DATA FOR THIS TASK:
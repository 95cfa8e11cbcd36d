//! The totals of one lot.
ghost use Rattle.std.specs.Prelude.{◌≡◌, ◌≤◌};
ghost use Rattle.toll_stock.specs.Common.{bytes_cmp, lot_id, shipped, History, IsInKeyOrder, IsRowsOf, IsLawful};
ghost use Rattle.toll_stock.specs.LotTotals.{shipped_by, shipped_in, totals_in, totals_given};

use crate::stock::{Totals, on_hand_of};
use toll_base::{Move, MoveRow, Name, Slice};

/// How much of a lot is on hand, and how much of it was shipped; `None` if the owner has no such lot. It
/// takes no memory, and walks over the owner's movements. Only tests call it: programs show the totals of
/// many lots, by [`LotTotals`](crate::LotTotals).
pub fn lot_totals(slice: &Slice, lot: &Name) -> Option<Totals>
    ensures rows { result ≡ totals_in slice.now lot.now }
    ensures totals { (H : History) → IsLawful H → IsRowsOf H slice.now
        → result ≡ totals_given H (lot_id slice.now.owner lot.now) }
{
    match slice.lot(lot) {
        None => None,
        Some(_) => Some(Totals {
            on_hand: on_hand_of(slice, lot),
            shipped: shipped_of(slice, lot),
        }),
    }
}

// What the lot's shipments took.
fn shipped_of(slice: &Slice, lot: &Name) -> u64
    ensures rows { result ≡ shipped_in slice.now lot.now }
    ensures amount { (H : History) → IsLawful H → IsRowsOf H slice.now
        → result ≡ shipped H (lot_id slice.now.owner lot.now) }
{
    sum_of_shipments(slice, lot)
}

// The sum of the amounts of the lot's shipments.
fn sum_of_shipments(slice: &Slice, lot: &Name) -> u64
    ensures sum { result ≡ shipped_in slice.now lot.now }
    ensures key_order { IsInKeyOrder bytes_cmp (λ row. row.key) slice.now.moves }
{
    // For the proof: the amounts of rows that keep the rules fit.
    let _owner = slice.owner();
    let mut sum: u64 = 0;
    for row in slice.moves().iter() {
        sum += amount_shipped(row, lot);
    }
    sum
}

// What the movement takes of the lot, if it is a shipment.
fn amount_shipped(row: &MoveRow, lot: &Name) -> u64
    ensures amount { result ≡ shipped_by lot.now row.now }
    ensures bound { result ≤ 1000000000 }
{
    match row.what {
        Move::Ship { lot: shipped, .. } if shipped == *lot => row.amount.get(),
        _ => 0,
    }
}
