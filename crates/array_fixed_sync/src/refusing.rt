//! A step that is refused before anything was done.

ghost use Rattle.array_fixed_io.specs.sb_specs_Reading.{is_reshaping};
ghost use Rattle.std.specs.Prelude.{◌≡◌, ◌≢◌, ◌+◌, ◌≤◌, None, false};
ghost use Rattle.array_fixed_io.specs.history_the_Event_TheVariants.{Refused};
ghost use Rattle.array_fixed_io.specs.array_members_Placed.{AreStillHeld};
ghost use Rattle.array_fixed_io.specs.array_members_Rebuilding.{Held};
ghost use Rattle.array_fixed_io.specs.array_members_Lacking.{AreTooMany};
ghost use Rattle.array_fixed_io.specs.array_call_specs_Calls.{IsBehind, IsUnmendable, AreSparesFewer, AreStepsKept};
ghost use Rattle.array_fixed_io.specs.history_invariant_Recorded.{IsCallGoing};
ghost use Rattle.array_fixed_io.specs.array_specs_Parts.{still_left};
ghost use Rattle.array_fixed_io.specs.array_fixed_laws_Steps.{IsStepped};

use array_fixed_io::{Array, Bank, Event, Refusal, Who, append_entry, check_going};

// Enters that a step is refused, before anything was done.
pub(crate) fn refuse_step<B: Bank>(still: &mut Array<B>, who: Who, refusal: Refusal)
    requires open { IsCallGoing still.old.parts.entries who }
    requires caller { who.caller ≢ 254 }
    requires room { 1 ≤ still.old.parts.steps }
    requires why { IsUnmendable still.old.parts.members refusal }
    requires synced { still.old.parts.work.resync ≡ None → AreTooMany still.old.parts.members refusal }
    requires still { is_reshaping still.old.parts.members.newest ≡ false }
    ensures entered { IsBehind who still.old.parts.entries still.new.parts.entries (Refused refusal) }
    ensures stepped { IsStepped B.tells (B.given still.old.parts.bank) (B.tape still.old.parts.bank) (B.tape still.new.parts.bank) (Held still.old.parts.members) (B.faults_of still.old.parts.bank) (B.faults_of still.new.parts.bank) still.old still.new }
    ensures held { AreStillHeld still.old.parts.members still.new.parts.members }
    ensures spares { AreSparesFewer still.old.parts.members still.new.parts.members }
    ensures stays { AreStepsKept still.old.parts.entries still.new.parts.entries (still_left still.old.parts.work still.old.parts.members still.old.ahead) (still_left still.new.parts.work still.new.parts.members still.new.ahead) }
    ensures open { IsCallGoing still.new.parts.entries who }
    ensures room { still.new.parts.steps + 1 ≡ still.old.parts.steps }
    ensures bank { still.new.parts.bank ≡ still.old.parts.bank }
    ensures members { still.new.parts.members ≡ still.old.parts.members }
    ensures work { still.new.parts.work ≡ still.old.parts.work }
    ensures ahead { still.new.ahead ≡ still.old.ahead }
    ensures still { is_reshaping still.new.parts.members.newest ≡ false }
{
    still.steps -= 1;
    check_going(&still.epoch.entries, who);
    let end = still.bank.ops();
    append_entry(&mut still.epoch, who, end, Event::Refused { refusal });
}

THE TASK:
Set down each entry exactly as it appears above.

REPLY:
repository 95cfa8e11cbcd36d
//! The totals of one lot.
ghost use Rattle.std.specs.Prelude.{◌≡◌, ◌≤◌};
ghost use Rattle.toll_stock.specs.Common.{bytes_cmp, lot_id, shipped, History, IsInKeyOrder, IsRowsOf, IsLawful};
ghost use Rattle.toll_stock.specs.LotTotals.{shipped_by, shipped_in, totals_in, totals_given};

use crate::stock::{Totals, on_hand_of};
use toll_base::{Move, MoveRow, Name, Slice};

/// How much of a lot is on hand, and how much of it was shipped; `None` if the owner has no such lot. It
/// takes no memory, and walks over the owner's movements. Only tests call it: programs show the totals of
/// many lots, by [`LotTotals`](crate::LotTotals).
pub fn lot_totals(slice: &Slice, lot: &Name) -> Option<Totals>
    ensures rows { result ≡ totals_in slice.now lot.now }
    ensures totals { (H : History) → IsLawful H → IsRowsOf H slice.now
        → result ≡ totals_given H (lot_id slice.now.owner lot.now) }
{
    match slice.lot(lot) {
        None => None,
        Some(_) => Some(Totals {
            on_hand: on_hand_of(slice, lot),
            shipped: shipped_of(slice, lot),
        }),
    }
}

// What the lot's shipments took.
fn shipped_of(slice: &Slice, lot: &Name) -> u64
    ensures rows { result ≡ shipped_in slice.now lot.now }
    ensures amount { (H : History) → IsLawful H → IsRowsOf H slice.now
        → result ≡ shipped H (lot_id slice.now.owner lot.now) }
{
    sum_of_shipments(slice, lot)
}

// The sum of the amounts of the lot's shipments.
fn sum_of_shipments(slice: &Slice, lot: &Name) -> u64
    ensures sum { result ≡ shipped_in slice.now lot.now }
    ensures key_order { IsInKeyOrder bytes_cmp (λ row. row.key) slice.now.moves }
{
    // For the proof: the amounts of rows that keep the rules fit.
    let _owner = slice.owner();
    let mut sum: u64 = 0;
    for row in slice.moves().iter() {
        sum += amount_shipped(row, lot);
    }
    sum
}

// What the movement takes of the lot, if it is a shipment.
fn amount_shipped(row: &MoveRow, lot: &Name) -> u64
    ensures amount { result ≡ shipped_by lot.now row.now }
    ensures bound { result ≤ 1000000000 }
{
    match row.what {
        Move::Ship { lot: shipped, .. } if shipped == *lot => row.amount.get(),
        _ => 0,
    }
}
filename crates/array_fixed_sync/src/refusing.rt
//! A step that is refused before anything was done.

ghost use Rattle.array_fixed_io.specs.sb_specs_Reading.{is_reshaping};
ghost use Rattle.std.specs.Prelude.{◌≡◌, ◌≢◌, ◌+◌, ◌≤◌, None, false};
ghost use Rattle.array_fixed_io.specs.history_the_Event_TheVariants.{Refused};
ghost use Rattle.array_fixed_io.specs.array_members_Placed.{AreStillHeld};
ghost use Rattle.array_fixed_io.specs.array_members_Rebuilding.{Held};
ghost use Rattle.array_fixed_io.specs.array_members_Lacking.{AreTooMany};
ghost use Rattle.array_fixed_io.specs.array_call_specs_Calls.{IsBehind, IsUnmendable, AreSparesFewer, AreStepsKept};
ghost use Rattle.array_fixed_io.specs.history_invariant_Recorded.{IsCallGoing};
ghost use Rattle.array_fixed_io.specs.array_specs_Parts.{still_left};
ghost use Rattle.array_fixed_io.specs.array_fixed_laws_Steps.{IsStepped};

use array_fixed_io::{Array, Bank, Event, Refusal, Who, append_entry, check_going};

// Enters that a step is refused, before anything was done.
pub(crate) fn refuse_step<B: Bank>(still: &mut Array<B>, who: Who, refusal: Refusal)
    requires open { IsCallGoing still.old.parts.entries who }
    requires caller { who.caller ≢ 254 }
    requires room { 1 ≤ still.old.parts.steps }
    requires why { IsUnmendable still.old.parts.members refusal }
    requires synced { still.old.parts.work.resync ≡ None → AreTooMany still.old.parts.members refusal }
    requires still { is_reshaping still.old.parts.members.newest ≡ false }
    ensures entered { IsBehind who still.old.parts.entries still.new.parts.entries (Refused refusal) }
    ensures stepped { IsStepped B.tells (B.given still.old.parts.bank) (B.tape still.old.parts.bank) (B.tape still.new.parts.bank) (Held still.old.parts.members) (B.faults_of still.old.parts.bank) (B.faults_of still.new.parts.bank) still.old still.new }
    ensures held { AreStillHeld still.old.parts.members still.new.parts.members }
    ensures spares { AreSparesFewer still.old.parts.members still.new.parts.members }
    ensures stays { AreStepsKept still.old.parts.entries still.new.parts.entries (still_left still.old.parts.work still.old.parts.members still.old.ahead) (still_left still.new.parts.work still.new.parts.members still.new.ahead) }
    ensures open { IsCallGoing still.new.parts.entries who }
    ensures room { still.new.parts.steps + 1 ≡ still.old.parts.steps }
    ensures bank { still.new.parts.bank ≡ still.old.parts.bank }
    ensures members { still.new.parts.members ≡ still.old.parts.members }
    ensures work { still.new.parts.work ≡ still.old.parts.work }
    ensures ahead { still.new.ahead ≡ still.old.ahead }
    ensures still { is_reshaping still.new.parts.members.newest ≡ false }
{
    still.steps -= 1;
    check_going(&still.epoch.entries, who);
    let end = still.bank.ops();
    append_entry(&mut still.epoch, who, end, Event::Refused { refusal });
}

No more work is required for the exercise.